Age of Information and Throughput in a Shared Access Network with Heterogeneous Traffic
Abstract
We consider a cognitive shared access scheme consisting of a high priority primary node and a low priority network with secondary nodes accessing the spectrum. Assuming bursty traffic at the primary node, saturated queues at the secondary nodes, and multipacket reception capabilities at the receivers, we derive analytical expressions of the time average age of information of the primary node and the throughput of the secondary nodes. We formulate two optimization problems, the first aiming to minimize the time average age of information of the primary node subject to an aggregate secondary throughput requirement. The second problem aims to maximize the aggregate secondary throughput of the network subject to a maximum time average staleness constraint. Our results provide guidelines for the design of a multiple access system with multipacket reception capabilities that fulfils both timeliness and throughput requirements.
IEEEexample:BSTcontrol
I Introduction
A fundamental problem of multiaccess communications is how to efficiently share the channel resource among multiple devices. In cognitive radio terminology, primary users are defined as the users who have higher priority on the access of a specific part of the spectrum. On the other hand, secondary users have lower priority and access the medium through spectrum sensing that detects bands that are not occupied by the primary users. In reality, interference caused by the secondary users is unavoidable and it should be included in a more realistic model.

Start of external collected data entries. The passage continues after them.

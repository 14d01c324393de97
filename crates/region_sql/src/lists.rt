//! Lists of row statements, and single statements of both kinds.

ghost use Rattle.std.specs.Prelude.{◌≡◌};
ghost use Rattle.region_sql.specs.Grammar.{row_statement, row_statements, region_statement, statement};
ghost use Rattle.region_sql.specs.Reading.{Gives, parse, whole, begins, first};

use crate::region_readers::region_statement_of;
use crate::row_readers::row_statement_of;
use crate::statements::{List, Statement};
use crate::stuck::Stuck;
use crate::token_readers::after_sign;
use crate::tokens::{Key, Sign, Token};
use mr_base::ListOf;
use std::alloc::Global;

/// Whether a row statement comes next.
#[tactic(auto, using(crate::proofs::Firsts::of_row_statement))]
fn begins_with_statement(tokens: &[Token]) -> bool
    ensures { result ≡ begins (first row_statement) tokens.now }
{
    matches!(
        tokens,
        [
            Token::Key(Key::Insert | Key::Select | Key::Update | Key::Delete),
            ..
        ]
    )
}

/// Row statements with `;` between each two and maybe one after the last, as many as there are.
fn statements_of(alloc: Global, tokens: &[Token]) -> Result<(List, &[Token]), Stuck>
    ensures { Gives (λ x. (x.0, x.1.now)) result (parse row_statements tokens.now) }
{
    let mut statements = Vec::new(alloc);
    let mut rest = tokens;
    for _ in 0..tokens.len() {
        let (statement, after) = row_statement_of(alloc, rest)?;
        statements.push(statement)?;
        let Some(more) = after_sign(after, Sign::Semicolon) else {
            return Ok((ListOf::from_vec(statements), after));
        };
        if !begins_with_statement(more) {
            return Ok((ListOf::from_vec(statements), more));
        }
        rest = more;
    }
    Err(Stuck::At(rest.len()))
}

/// The row statements that all of the tokens are.
pub(crate) fn list_of_tokens(alloc: Global, tokens: &[Token]) -> Result<List, Stuck>
    ensures { Gives (λ list. list) result (whole row_statements tokens.now) }
{
    let (list, rest) = statements_of(alloc, tokens)?;
    if !rest.is_empty() {
        return Err(Stuck::At(rest.len()));
    }
    Ok(list)
}

/// Whether a region statement comes next.
#[tactic(auto, using(crate::proofs::Firsts::of_region_statement))]
fn begins_with_region_statement(tokens: &[Token]) -> bool
    ensures { result ≡ begins (first region_statement) tokens.now }
{
    matches!(
        tokens,
        [Token::Key(Key::Create | Key::Alter | Key::Use), ..]
    )
}

/// A statement of either kind, and the tokens after it.
#[tactic(auto, unfolding(crate::specs::Grammar::statement))]
fn statement_of(alloc: Global, tokens: &[Token]) -> Result<(Statement, &[Token]), Stuck>
    ensures { Gives (λ x. (x.0, x.1.now)) result (parse statement tokens.now) }
{
    if begins_with_region_statement(tokens) {
        let (statement, rest) = region_statement_of(alloc, tokens)?;
        return Ok((Statement::Region(statement), rest));
    }
    let (statement, rest) = row_statement_of(alloc, tokens)?;
    Ok((Statement::Row(statement), rest))
}

/// The statement that all of the tokens are.
pub(crate) fn statement_of_tokens(alloc: Global, tokens: &[Token]) -> Result<Statement, Stuck>
    ensures { Gives (λ s. s) result (whole statement tokens.now) }
{
    let (statement, rest) = statement_of(alloc, tokens)?;
    if !rest.is_empty() {
        return Err(Stuck::At(rest.len()));
    }
    Ok(statement)
}
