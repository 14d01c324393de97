//! Region statements, row statements and their values.
#![tactic(auto)]

mod byte_classes;
mod databases;
mod lexer;
mod lexing;
mod listing;
mod lists;
mod literals;
mod numbers;
mod one_column_forms;
mod parse;
mod region_readers;
mod region_statements;
mod row_readers;
mod row_statements;
mod statements;
mod stuck;
mod token_readers;
mod tokens;
mod words;

pub use literals::list_texts_are_utf8;
pub use one_column_forms::{OneColumnStatement, int_of, one_column_statement};
pub use parse::{one_meaning, parse_list, parse_statement};
pub use region_statements::{ColumnKey, ColumnType, Goal, Item, Locality, RegionStatement};
pub use row_statements::{
    Comparison, Literal, Literals, RowStatement, Target, Term, Value, Wanted,
};
pub use statements::{List, ParseFault, Statement};
pub use tokens::{Key, Sign, Soft, Token};
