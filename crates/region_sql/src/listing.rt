//! Lists with a token between each two of their values.

ghost use Rattle.std.specs.Prelude.{◌≡◌, ℕ, List, [], ◌∷◌, true, false, drop, length, Result, IfSome, IfNone};
ghost use Rattle.region_sql.specs.Reading.{Gives, begins, listed_at};
ghost use Rattle.region_sql.specs.declared.tokens.Token.{Token as AnyToken};

use crate::stuck::Stuck;
use crate::tokens::Token;
use mr_base::ListOf;
use std::alloc::Global;

/// What stands in lists.
pub(crate) trait Listed: Drop {
    /// The kind of the token between each two.
    ghost separator: { ℕ };

    /// What reading one gives.
    ghost reading: { List AnyToken → Result (Self × List AnyToken) ℕ };

    /// Reads one, and answers the tokens after it too.
    fn read(alloc: Global, tokens: &[Token]) -> Result<(Self, &[Token]), Stuck>
        ensures one { Gives (λ x. (x.0, x.1.now)) result (reading tokens.now) };

    /// The tokens after the one that stands between two, where it is the first token.
    fn after_separator(tokens: &[Token]) -> Option<&[Token]>
        ensures found { IfSome result (λ rest. (begins (separator ∷ []) tokens.now ≡ true)
            × (rest.now ≡ drop 1 tokens.now)) }
        ensures none { IfNone result (begins (separator ∷ []) tokens.now ≡ false) };
}

/// One or more, as many as there are.
pub(crate) fn list_of<T: Listed>(
    alloc: Global,
    tokens: &[Token],
) -> Result<(ListOf<T>, &[Token]), Stuck>
    ensures { Gives (λ x. (x.0, x.1.now)) result
        (listed_at (length tokens.now) T.separator T.reading tokens.now) }
{
    let mut items = Vec::new(alloc);
    let mut rest = tokens;
    for _ in 0..tokens.len() {
        let (item, after) = T::read(alloc, rest)?;
        items.push(item)?;
        match T::after_separator(after) {
            Some(more) => rest = more,
            None => return Ok((ListOf::from_vec(items), after)),
        }
    }
    Err(Stuck::At(rest.len()))
}
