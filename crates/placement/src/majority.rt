//! Whether a placement keeps a majority of its voters.

ghost use Rattle.std.specs.Prelude.{◌≡◌, ◌↔◌, All, IsTrue, count_by};
ghost use Rattle.mr_base.specs.Nodes.{IsNode};
ghost use Rattle.placement.specs.Majority.{KeepsMajority, remains};

use crate::placement_types::Placement;
use mr_base::{NodeId, NodeSet};

/// Whether more than half of the voters are outside the set of lost nodes.
pub fn keeps_majority(p: &Placement, lost: NodeSet) -> bool
    requires { All IsNode p.now.voters }
    ensures { IsTrue result ↔ KeepsMajority p.now.voters lost }
{
    let voters = p.voters.as_slice();
    voters.len() / 2 < count_remaining(voters, lost)
}

fn count_remaining(voters: &[NodeId], lost: NodeSet) -> usize
    requires { All IsNode voters.now }
    ensures { result ≡ count_by (remains lost) voters.now }
{
    let mut remaining = 0;
    for voter in voters {
        if !lost.has(*voter) {
            remaining += 1;
        }
    }
    remaining
}
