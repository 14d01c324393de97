//! Texts as tokens.

ghost use Rattle.std.specs.Prelude.{◌≡◌, ◌<◌, ◌+◌, ◌≤◌, length, IfOk, IfSome, option_map, option_and_then, pos, take, drop, ◌∷◌};
ghost use Rattle.region_sql.specs.Lexing.{is_word_start, less_at, greater_at, word_at, digits_at, quoted_at, unquoted_at, read_on, text_at, minus_at, sign_at, token_at};

use crate::byte_classes::{ByteClass, run_len};
use crate::numbers::digits_at;
use crate::row_statements::Comparison;
use crate::tokens::{Sign, Token};
use crate::words::word_token;
use mr_base::{Bytes, Memory, is_utf8};
use std::alloc::Global;

/// A word and what follows it.
#[tactic(auto, unfolding(crate::specs::Lexing::word_at))]
fn word_at(alloc: Global, bytes: &[u8]) -> Result<(Token, &[u8]), Memory>
    ensures { IfOk result (λ x. (x.0, x.1.now) ≡ word_at bytes.now) }
{
    let (word, rest) = bytes.split_at(run_len(ByteClass::Word, bytes));
    let word = word.to_ascii_lowercase(alloc)?;
    Ok((word_token(word, rest), rest))
}

/// A quoted name behind its first `"`, and what follows it.
#[tactic(auto, unfolding(crate::specs::Lexing::quoted_at))]
fn quoted_at(alloc: Global, bytes: &[u8]) -> Result<Option<(Token, &[u8])>, Memory>
    ensures { IfOk result (λ o. option_map (λ x. (x.0, x.1.now)) o ≡ quoted_at bytes.now) }
{
    let len = run_len(ByteClass::Quoted, bytes);
    if len == 0 || len == bytes.len() {
        return Ok(None);
    }
    let (name, _) = bytes.split_at(len);
    if !is_utf8(name) {
        return Ok(None);
    }
    let name = Bytes::from_slice(alloc, name)?;
    let (_, rest) = bytes.split_at(len + 1);
    Ok(Some((Token::Name(name), rest)))
}

/// The next byte of a text, or none at its end, and what follows that. A doubled `'` is one byte.
#[tactic(auto, unfolding(crate::specs::Lexing::unquoted_at))]
fn next_byte(bytes: &[u8]) -> Option<(Option<u8>, &[u8])>
    ensures read { option_and_then (λ x. read_on x.0 x.1.now) result ≡ unquoted_at bytes.now }
    ensures shorter { IfSome result (λ x. length x.1.now < length bytes.now) }
{
    match bytes {
        [b'\'', b'\'', more @ ..] => Some((Some(b'\''), more)),
        [b'\'', more @ ..] => Some((None, more)),
        [byte, more @ ..] => Some((Some(*byte), more)),
        [] => None,
    }
}

/// What stands up to the next `'` that isn't doubled, and what follows that.
#[tactic(auto, unfolding(crate::specs::Lexing::unquoted_at), using(crate::proofs::Bytes::push_byte, crate::proofs::Bytes::with_no_bytes))]
fn unquoted_at(alloc: Global, bytes: &[u8]) -> Result<Option<(Vec<u8>, &[u8])>, Memory>
    ensures { IfOk result (λ o. option_map (λ x. (x.0.items, x.1.now)) o ≡ unquoted_at bytes.now) }
{
    let mut text = Vec::new(alloc);
    let mut rest = bytes;
    for _ in 0..bytes.len() {
        let Some((next, more)) = next_byte(rest) else {
            return Ok(None);
        };
        let Some(byte) = next else {
            return Ok(Some((text, more)));
        };
        text.push(byte)?;
        rest = more;
    }
    Ok(None)
}

/// A text behind its first `'`, and what follows it.
#[tactic(auto, unfolding(crate::specs::Lexing::text_at))]
fn text_at(alloc: Global, bytes: &[u8]) -> Result<Option<(Token, &[u8])>, Memory>
    ensures { IfOk result (λ o. option_map (λ x. (x.0, x.1.now)) o ≡ text_at bytes.now) }
{
    let Some((text, rest)) = unquoted_at(alloc, bytes)? else {
        return Ok(None);
    };
    if !is_utf8(&text) {
        return Ok(None);
    }
    Ok(Some((Token::Text(Bytes::from_vec(text)), rest)))
}

/// `-` with the digits that follow directly, and what follows it.
#[tactic(auto, unfolding(crate::specs::Lexing::minus_at))]
fn minus_at(rest: &[u8]) -> (Token, &[u8])
    ensures { (result.0, result.1.now) ≡ minus_at rest.now }
{
    match rest {
        [b'0'..=b'9', ..] => {
            let (by, rest) = digits_at(rest);
            (Token::Negative { literal: -by, by }, rest)
        }
        _ => (Token::Sign(Sign::Minus), rest),
    }
}

/// A sign or a comparison, and what follows it.
#[tactic(auto, unfolding(crate::specs::Lexing::sign_at))]
fn sign_at(first: u8, rest: &[u8]) -> Option<(Token, &[u8])>
    ensures { option_map (λ x. (x.0, x.1.now)) result ≡ sign_at first rest.now }
{
    let token = match first {
        b'(' => Token::Sign(Sign::Open),
        b')' => Token::Sign(Sign::Close),
        b'*' => Token::Sign(Sign::Star),
        b'+' => Token::Sign(Sign::Plus),
        b',' => Token::Sign(Sign::Comma),
        b';' => Token::Sign(Sign::Semicolon),
        b'<' => return Some(less_at(rest)),
        b'=' => Token::Compare(Comparison::Eq),
        b'>' => return Some(greater_at(rest)),
        _ => return None,
    };
    Some((token, rest))
}

/// The token at the front of a text that doesn't begin with a blank, and what follows it.
#[tactic(auto, unfolding(crate::specs::Lexing::token_at))]
pub(crate) fn token_at(alloc: Global, bytes: &[u8]) -> Result<Option<(Token, &[u8])>, Memory>
    ensures { IfOk result (λ o. option_map (λ x. (x.0, x.1.now)) o ≡ token_at bytes.now) }
{
    let Some((first, rest)) = bytes.split_first() else {
        return Ok(None);
    };
    if is_word_start(*first) {
        return Ok(Some(word_at(alloc, bytes)?));
    }
    if first.is_ascii_digit() {
        let (number, rest) = digits_at(bytes);
        return Ok(Some((Token::Integer(number), rest)));
    }
    match *first {
        b'"' => quoted_at(alloc, rest),
        b'\'' => text_at(alloc, rest),
        b'-' => Ok(Some(minus_at(rest))),
        other => Ok(sign_at(other, rest)),
    }
}

/// Whether a word may begin with the byte.
fn is_word_start(byte: u8) -> bool
    ensures { result ≡ is_word_start byte }
{
    byte.is_ascii_alphabetic() || byte == b'_'
}

/// The comparison that begins with `<`, the longest that fits.
fn less_at(rest: &[u8]) -> (Token, &[u8])
    ensures { (result.0, result.1.now) ≡ less_at rest.now }
{
    match rest {
        [b'=', rest @ ..] => (Token::Compare(Comparison::Le), rest),
        [b'>', rest @ ..] => (Token::Compare(Comparison::Ne), rest),
        _ => (Token::Compare(Comparison::Lt), rest),
    }
}

/// The comparison that begins with `>`, the longest that fits.
fn greater_at(rest: &[u8]) -> (Token, &[u8])
    ensures { (result.0, result.1.now) ≡ greater_at rest.now }
{
    match rest {
        [b'=', rest @ ..] => (Token::Compare(Comparison::Ge), rest),
        _ => (Token::Compare(Comparison::Gt), rest),
    }
}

In this work, we consider a cognitive network with multipacket reception (MPR) capabilities, where the secondary nodes make transmission attempts with a given probability. With random access the uncoordinated secondary nodes can transmit simultaneously with the primary node allowing multiple successful receptions. The access probabilities should be appropriately chosen to mitigate the impact on the performance of the primary node. The literature so far considers delay or throughput as the performance metric of the primary node, however a concept that captures timeless more precisely and has not been considered yet in the cognitive shared access context in Age of Information (AoI).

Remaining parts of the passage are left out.